Non Life Insurance Sector To Intensify In Hungary: Ken Research

Ken Research has announced latest publication titled, “Non-Life Insurance in Hungary, Key Trends and Opportunities to 2020” which provides a detailed outlook by product category for the Hungarian non-life insurance segment, and a comparison of the Hungarian insurance industry with its regional counterparts.
The report furnishes values for key performance indicators such as written premium, incurred loss, loss ratio, commissions and expenses, combined ratio, total assets and total investment income during the review period (2011-2015) and forecast period (2015-2020).
By analyzing distribution channels operating in the segment, it gives a comprehensive overview of the Hungarian economy and demographics, and properly explains the various types of natural hazards and their impact on the Hungarian insurance industry along with detailed information on the competitive landscape in the country.


It also includes features of insurance regulations, and recent changes in the regulatory structure as well as provides detailed analysis of natural hazards and their impact on the Hungarian insurance industry. It aids the users in making strategic business decisions using in-depth historic and forecast market data related to the Hungarian non-life insurance segment, and each category within it.
In spite of Europe’s economic slowdown, the Hungarian insurance sector perpetuates to strengthen as more and more of the population seeks greater protection. The Hungarian non-life insurance segment has expanded during the review period at a CAGR of 2.1%.
During the financial crisis, Hungary’s insurance sector proved itself to be crisis-resistant.
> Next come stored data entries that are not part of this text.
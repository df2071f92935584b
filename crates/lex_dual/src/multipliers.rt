// The multipliers of the kept rows.
ghost use Rattle.std.specs.Prelude.{◌≡◌, ◌<◌, ◌+◌, ◌/◌, length, map, All, IfOk, unsigned_abs};
ghost use Rattle.row_program.specs.Forms.{entry, variable_count};
ghost use Rattle.pivot_form.specs.Invariant.{IsForm};
ghost use Rattle.dual_theory.specs.Multipliers.{multipliers_of, slack_sizes, lowest, divisor_of};

use bound_tree::Multipliers;
use exact_num::{WIDE, gcd};
use mov_base::Memory;
use pivot_form::Form;
use row_program::Program;
use std::alloc::Global;

/// The sizes of the entries of the kept rows' slacks in the row, divided by their greatest common divisor.
pub(crate) fn multipliers(
    alloc: Global,
    program: &Program,
    form: &Form,
    row: usize,
) -> Result<Multipliers, Memory>
    requires form { IsForm form.now }
    requires variables { form.now.variables ≡ variable_count program.now }
    requires row { row < length form.now.rows }
    ensures { IfOk result (λ multipliers. multipliers ≡ multipliers_of program.now form.now row) }
{
    let mut numbers = sizes(alloc, program, form, row)?;
    reduce(numbers.as_mut_slice());
    Ok(Multipliers::from_vec(numbers))
}

/// The sizes of the entries of the kept rows' slacks in the row.
fn sizes(alloc: Global, program: &Program, form: &Form, row: usize) -> Result<Vec<u64>, Memory>
    requires form { IsForm form.now }
    requires variables { form.now.variables ≡ variable_count program.now }
    requires row { row < length form.now.rows }
    ensures value { IfOk result (λ numbers. numbers.items ≡ slack_sizes program.now form.now row) }
    ensures small { IfOk result (λ numbers. All (λ x. x < WIDE) numbers.items) }
{
    let variables = program.costs.len();
    let mut numbers = Vec::with_capacity(alloc, program.kept)?;
    for i in 0..program.kept {
        numbers.push(size_at(form, row, 1 + variables + i))?;
    }
    Ok(numbers)
}

/// The size of an entry.
fn size_at(form: &Form, row: usize, column: usize) -> u64
    requires form { IsForm form.now }
    requires row { row < length form.now.rows }
    requires column { column < form.now.variables }
    ensures value { result ≡ unsigned_abs (entry form.now row column) }
    ensures small { result < WIDE }
{
    form.entry(row, column).unsigned_abs()
}

/// Divides numbers by their greatest common divisor. Zeros stay.
fn reduce(numbers: &mut [u64])
    requires { All (λ x. x < WIDE) numbers.old }
    ensures value { numbers.new ≡ lowest numbers.old }
    ensures small { All (λ x. x < WIDE) numbers.new }
{
    let divisor = divisor(numbers);
    if divisor > 0 {
        divide(numbers, divisor);
    }
}

/// The greatest common divisor of numbers, 0 where all are 0.
fn divisor(numbers: &[u64]) -> u64
    ensures { result ≡ divisor_of numbers.now }
{
    let mut divisor = 0;
    for x in numbers {
        divisor = gcd(divisor as u128, *x as u128) as u64;
    }
    divisor
}

/// Divides each number.
fn divide(numbers: &mut [u64], divisor: u64)
    requires { 0 < divisor }
    ensures { numbers.new ≡ map (λ x. x / divisor) numbers.old }
{
    for x in numbers.iter_mut() {
        *x /= divisor;
    }
}
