// What the method answers.
ghost use Rattle.std.specs.Prelude.{◌≡◌};
ghost use Rattle.lex_dual.specs.declared.solved.SolveFault.TheVariants as variants;

use bound_tree::Multipliers;
use exact_num::Ratio;
use mov_base::Memory;
use pivot_form::Wide;
use row_program::Point;

/// What the method finds.
#[derive(Debug, Drop)]
pub enum Solved {
    /// The least cost, the lexicographically least point of that cost, and multipliers that show that no point costs
    /// less.
    Best {
        /// The least cost.
        value: Ratio,
        /// One for each kept row.
        multipliers: Multipliers,
        /// The point, in its least common denominator.
        point: Point,
    },
    /// No point meets the rows, and multipliers that show it.
    Never {
        /// One for each kept row.
        multipliers: Multipliers,
    },
}

/// Why a program isn't solved.
#[derive(Debug, Drop)]
pub enum SolveFault {
    /// A number on the way, or one of the point, has 63 bits or more.
    Wide {
        /// The first such number's size.
        size: u128,
    },
    /// There was no memory.
    Memory,
}

impl From<Memory> for SolveFault {
    ghost from_gives = { λ _ fault. fault ≡ variants.Memory };

    fn from(_error: Memory) -> SolveFault {
        SolveFault::Memory
    }
}

impl From<Wide> for SolveFault {
    ghost from_gives = { λ wide fault. fault ≡ variants.Wide wide.size };

    fn from(wide: Wide) -> SolveFault {
        SolveFault::Wide { size: wide.size }
    }
}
The market showed an impressive annual growth over the years, and in 2015 the number of total written premiums had increased by 2.2 percent in a non-inflationary environment.
The Hungarian non-life segment accounted for 44.1% of the insurance industry's overall gross written premium and was highly concentrated, with the 10 leading companies accounting for 91.8% of its gross written premium in 2015.
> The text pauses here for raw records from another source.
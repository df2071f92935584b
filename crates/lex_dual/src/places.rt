// The rows of the variables that have a value: the cost and those of the program.
ghost use Rattle.std.specs.Prelude.{◌≡◌, ◌<◌, length, IfOk};
ghost use Rattle.row_program.specs.Forms.{tableau, first_form, next_form, IsNonbasic};
ghost use Rattle.pivot_form.specs.Invariant.{IsForm};
ghost use Rattle.lex_dual.specs.Choices.{places_of};

use mov_base::Memory;
use pivot_form::Form;
use row_program::Program;

/// The rows in the first form, in place of what the vector held: the cost's alone.
pub(crate) fn first_places(
    mut places: Vec<Option<usize>>,
    program: &Program,
) -> Result<Vec<Option<usize>>, Memory>
    ensures { IfOk result (λ places. places.items ≡ places_of (first_form program.now)) }
{
    places.clear();
    places.reserve(program.costs.len() + 1)?;
    places.push(Some(0))?;
    for _cost in program.costs.as_slice() {
        places.push(None)?;
    }
    Ok(places)
}

/// The rows after a pivot at the row and the column: the basic variable of the row leaves, and that of the column
/// enters.
pub(crate) fn exchange(places: &mut [Option<usize>], form: &Form, row: usize, column: usize)
    requires form { IsForm form.now }
    requires places { places.old ≡ places_of form.now }
    requires row { row < length form.now.rows }
    requires nonbasic { IsNonbasic (tableau form.now) column }
    ensures { places.new ≡ places_of (next_form form.now row column) }
{
    let leaving = form.basic(row);
    if leaving < places.len() {
        places[leaving] = None;
    }
    if column < places.len() {
        places[column] = Some(row);
    }
}
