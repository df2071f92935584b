//! The exact linear method: the least cost of a program's points, the least point of that cost, and multipliers that show
//! it.
//!
//! `solve` is the lexicographic dual simplex method over forms with whole entries. The crate promises that it ends; that
//! its value is the least cost over all points, its point the lexicographically least of that cost in its least
//! denominator, and that it says that there is no point exactly where there is none; what its multipliers show of all
//! points that meet the rows that aren't kept; and that it refuses a program exactly where a number on the way, or one of
//! the point, has 63 bits or more. Points and costs are those of `row_program`, which know no forms. It stands on the
//! forms of `pivot_form`, on the lemmas of `dual_theory` and on the multipliers of `bound_tree`.
#![tactic(auto)]

mod buffers;
mod choice;
mod method;
mod multipliers;
mod places;
mod point;
mod solved;

pub use buffers::Buffers;
pub use method::{solve, solve_in};
pub use solved::{SolveFault, Solved};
The Insurance Companies and Insurance Activities Act were introduced in December 2014, and came into force on January 1, 2016.
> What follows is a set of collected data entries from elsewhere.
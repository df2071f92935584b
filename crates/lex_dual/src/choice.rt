// What leaves and what enters.
ghost use Rattle.std.specs.Prelude.{◌≡◌, ◌≢◌, ◌<◌, ◌≤◌, ◌+◌, ℕ, ℤ, false, pos, ◌<ℤ◌, length, slice_index_or, take, unsigned_abs, vec_capacity, IfSome, IfOk};
ghost use Rattle.std.specs.List.{All};
ghost use lib.IntN.{neg_ℤ};
ghost use Rattle.row_program.specs.Forms.{entry};
ghost use Rattle.row_program.specs.Method.{leaving, entering, candidates, column};
ghost use Rattle.pivot_form.specs.Invariant.{IsForm};
ghost use Rattle.lex_dual.specs.Choices as spec;
ghost use Rattle.lex_dual.specs.Choices.{places_of, IsFirstNegative, IsCandidate, IsOutside, coefficient_in, entering_among};

use exact_num::{WIDE, cross};
use mov_base::Memory;
use pivot_form::{Equation, Form};

/// The row of the first negative basic variable, in the order of variables: one pass over the rows.
pub(crate) fn leaving(form: &Form) -> Option<usize>
    requires { IsForm form.now }
    ensures value { result ≡ leaving form.now }
    ensures first { IsFirstNegative form.now (length form.now.rows) result }
{
    let mut found = None;
    for row in 0..form.row_count() {
        found = earlier(form, found, row);
    }
    found
}

/// The row itself, where it is negative and its variable comes before that of the row found so far, and else the
/// latter.
fn earlier(form: &Form, found: Option<usize>, row: usize) -> Option<usize>
    requires row { row < length form.now.rows }
    requires found { IsFirstNegative form.now row found }
    ensures { IsFirstNegative form.now (row + 1) result }
{
    if form.right(row) >= 0 {
        return found;
    }
    match found {
        Some(best) if form.basic(best) < form.basic(row) => found,
        _ => Some(row),
    }
}

/// The buffer, with room for the candidates of any row of the form.
pub(crate) fn candidate_buffer(mut buffer: Vec<usize>, form: &Form) -> Result<Vec<usize>, Memory>
    ensures { IfOk result (λ buffer. form.now.variables ≤ vec_capacity buffer) }
{
    buffer.clear();
    buffer.reserve(form.variable_count())?;
    Ok(buffer)
}

/// The first of the least candidates of the row. All are written into the buffer, and thinned out there, variable by
/// variable, until one is left.
pub(crate) fn entering(
    form: &Form,
    places: &[Option<usize>],
    row: usize,
    buffer: &mut Vec<usize>,
) -> Option<usize>
    requires form { IsForm form.now }
    requires places { places.now ≡ places_of form.now }
    requires row { row < length form.now.rows }
    requires room { form.now.variables ≤ vec_capacity buffer.old }
    ensures value { result ≡ entering form.now row }
    ensures candidate { IfSome result (λ j. (j < form.now.variables) × (entry form.now row j <ℤ pos 0)) }
    ensures room { form.now.variables ≤ vec_capacity buffer.new }
{
    write_candidates(form, row, buffer);
    for v in 0..places.len() {
        if buffer.len() < 2 {
            break;
        }
        let kept = thin_out(form, places, row, v, buffer.as_mut_slice());
        buffer.truncate(kept);
    }
    buffer.first().copied()
}

/// Writes the candidates of the row into the buffer, in place of what it held: one pass over the columns.
fn write_candidates(form: &Form, row: usize, buffer: &mut Vec<usize>)
    requires row { row < length form.now.rows }
    requires room { form.now.variables ≤ vec_capacity buffer.old }
    ensures value { buffer.new.items ≡ candidates form.now row }
    ensures all { All (IsCandidate form.now row) buffer.new.items }
    ensures room { form.now.variables ≤ vec_capacity buffer.new }
{
    buffer.clear();
    let leaving = form.equation(row);
    for j in 0..form.variable_count() {
        if leaving.entry(j) < 0 {
            buffer.push(j).unwrap();
        }
    }
}

/// Moves those candidates to the front whose coefficient of the variable v over their own is least, in their order, and
/// counts them: one pass.
fn thin_out(
    form: &Form,
    places: &[Option<usize>],
    row: usize,
    v: usize,
    left: &mut [usize],
) -> usize
    requires form { IsForm form.now }
    requires places { places.now ≡ places_of form.now }
    requires row { row < length form.now.rows }
    requires v { v < length places.now }
    requires some { 0 < length left.old }
    requires all { All (IsCandidate form.now row) left.old }
    ensures value { entering_among form.now row (v + 1) (take result left.new)
        ≡ entering_among form.now row v left.old }
    ensures all { All (IsCandidate form.now row) (take result left.new) }
{
    if !tells_apart(form, places, v, left) {
        return left.len();
    }
    let leaving = form.equation(row);
    let own = equation_of(form, places, v);
    let mut least = quotient_at(&leaving, &own, v, left[0]);
    let mut kept = 1;
    for i in 1..left.len() {
        let candidate = left[i];
        let quotient = quotient_at(&leaving, &own, v, candidate);
        let difference = cross(quotient.num, least.den, least.num, quotient.den);
        if difference < 0 {
            least = quotient;
            left[0] = candidate;
            kept = 1;
        } else if difference == 0 {
            left[kept] = candidate;
            kept += 1;
        }
    }
    kept
}

/// Whether the variable v may tell these candidates apart: not where its coefficient in each of them is 0.
fn tells_apart(form: &Form, places: &[Option<usize>], v: usize, left: &[usize]) -> bool
    requires form { IsForm form.now }
    requires places { places.now ≡ places_of form.now }
    requires v { v < length places.now }
    requires nonbasic { All (IsOutside form.now) left.now }
    ensures { result ≡ false → All (λ j. column form.now j v ≡ pos 0) left.now }
{
    match only_column(form, places, v) {
        Some(only) => left.contains(&only),
        None => true,
    }
}

/// The one nonbasic variable in which the variable v may have another coefficient than 0, where that is told at once.
fn only_column(form: &Form, places: &[Option<usize>], v: usize) -> Option<usize>
    requires form { IsForm form.now }
    requires places { places.now ≡ places_of form.now }
    requires v { v < length places.now }
    ensures { IfSome result (λ only. (j : ℕ) → IsOutside form.now j → j ≢ only → column form.now j v ≡ pos 0) }
{
    match places[v] {
        Some(row) => form.lone(row),
        None => Some(v),
    }
}

/// A variable's coefficient in a candidate, and the candidate's own in the row, which divides it.
#[derive(Clone, Copy, Debug)]
struct Quotient {
    num: i64,
    den: i64,
}

/// The equation of the variable v, where it is basic.
fn equation_of<'a>(form: &'a Form, places: &[Option<usize>], v: usize) -> Option<Equation<'a>>
    requires form { IsForm form.now }
    requires places { places.now ≡ places_of form.now }
    requires v { v < length places.now }
    ensures value { result ≡ spec.equation_of form.now v }
    ensures wide { IfSome result (λ row. length row ≡ form.now.variables + 1) }
{
    match places[v] {
        Some(row) => Some(form.equation(row)),
        None => None,
    }
}

/// The coefficient of the variable v in the candidate j, and that of j in the leaving variable's equation.
fn quotient_at(leaving: &Equation<'_>, own: &Option<Equation<'_>>, v: usize, j: usize) -> Quotient
    requires inside { j + 1 < length leaving.now }
    requires own { IfSome own.now (λ row. j + 1 < length row) }
    requires candidate { slice_index_or leaving.now j (pos 0) <ℤ pos 0 }
    ensures num { result.num ≡ coefficient_in own.now v j }
    ensures den { result.den ≡ neg_ℤ (slice_index_or leaving.now j (pos 0)) }
    ensures positive { pos 0 <ℤ result.den }
    ensures small_num { unsigned_abs result.num < WIDE }
    ensures small_den { unsigned_abs result.den < WIDE }
{
    Quotient {
        num: coefficient(own, v, j),
        den: opposite(leaving.entry(j)),
    }
}

/// The coefficient of the variable v in the variable j, by the equation of v, times the basic entry there; where v has no
/// equation, it is nonbasic.
fn coefficient(own: &Option<Equation<'_>>, v: usize, j: usize) -> i64
    requires own { IfSome own.now (λ row. j + 1 < length row) }
    ensures value { result ≡ coefficient_in own.now v j }
    ensures small { unsigned_abs result < WIDE }
{
    match own {
        Some(row) => opposite(row.entry(j)),
        None if v == j => 1,
        None => 0,
    }
}

/// The number with the other sign.
fn opposite(x: i64) -> i64
    requires { unsigned_abs x < WIDE }
    ensures { result ≡ neg_ℤ x }
{
    -x
}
Property insurance was the largest category, accounting for 46.9% of the segment's gross written premium and agencies were anytime considered to be superior to all other means because they involve in-depth understanding of risks and products related to their field and region.
In the future years, this sector is expected to generate more revenues since awareness is bound to rise with the time.
Topics Covered in the Report
  • Hungary Non-life insurance industry Research Report
  • Hungary Non Life insurance market share
  • Non-Life insurance sector trends Hungary
  • Hungary General insurance regulations
  • Motor insurance market research Hungary
  • Property insurance sector Hungary
  • Health insurance demand Hungary
  • Hungary automobile insurance industry research
  • Hungary General Insurance Industry
  • Hungary Non life insurance future outlook
For more coverage click on the link below:
https://www.kenresearch.com/banking-financial-services-and-insurance/insurance/non-life-insurance-hungary-key-trends/81984-93.html
Related links:
https://www.kenresearch.com/banking-financial-services-and-insurance/insurance/non-life-insurance-lebanon/21075-93.html
https://www.kenresearch.com/banking-financial-services-and-insurance/insurance/japan-insurance-market-research-report/134-93.html
Contact:
Ken Research
Ankur Gupta,
Head Marketing & Communications
query@kenresearch.com
+91-124- 4230204
www.kenresearch.com

Expanding aura of Hungary's Non life Insurance Market: Ken Research

Ken research announced recent publication on, "Non-Life Insurance in Hungary, Key Trends and Opportunities to 2020". The report provides a detailed outlook by product category for the Hungarian non-life insurance segment, and a comparison of the Hungarian insurance industry with its regional counterparts. It provides values for key performance indicators such as written premium, incurred loss, loss ratio, commissions and expenses, combined ratio, total assets and total investment income during the review period (2011-2015) and forecast period (2015-2020). The report also analyses distribution channels operating in the segment, gives a comprehensive overview of the Hungarian economy and demographics, explains the various types of natural hazards and their impact on the Hungarian insurance industry, and provides detailed information on the competitive landscape in the country. The report brings research, modelling and analysis expertise, giving insurers' access to information on segment dynamics and competitive advantages, and profiles of insurers operating in the country. The report also includes details of insurance regulations, and recent changes in the regulatory structure.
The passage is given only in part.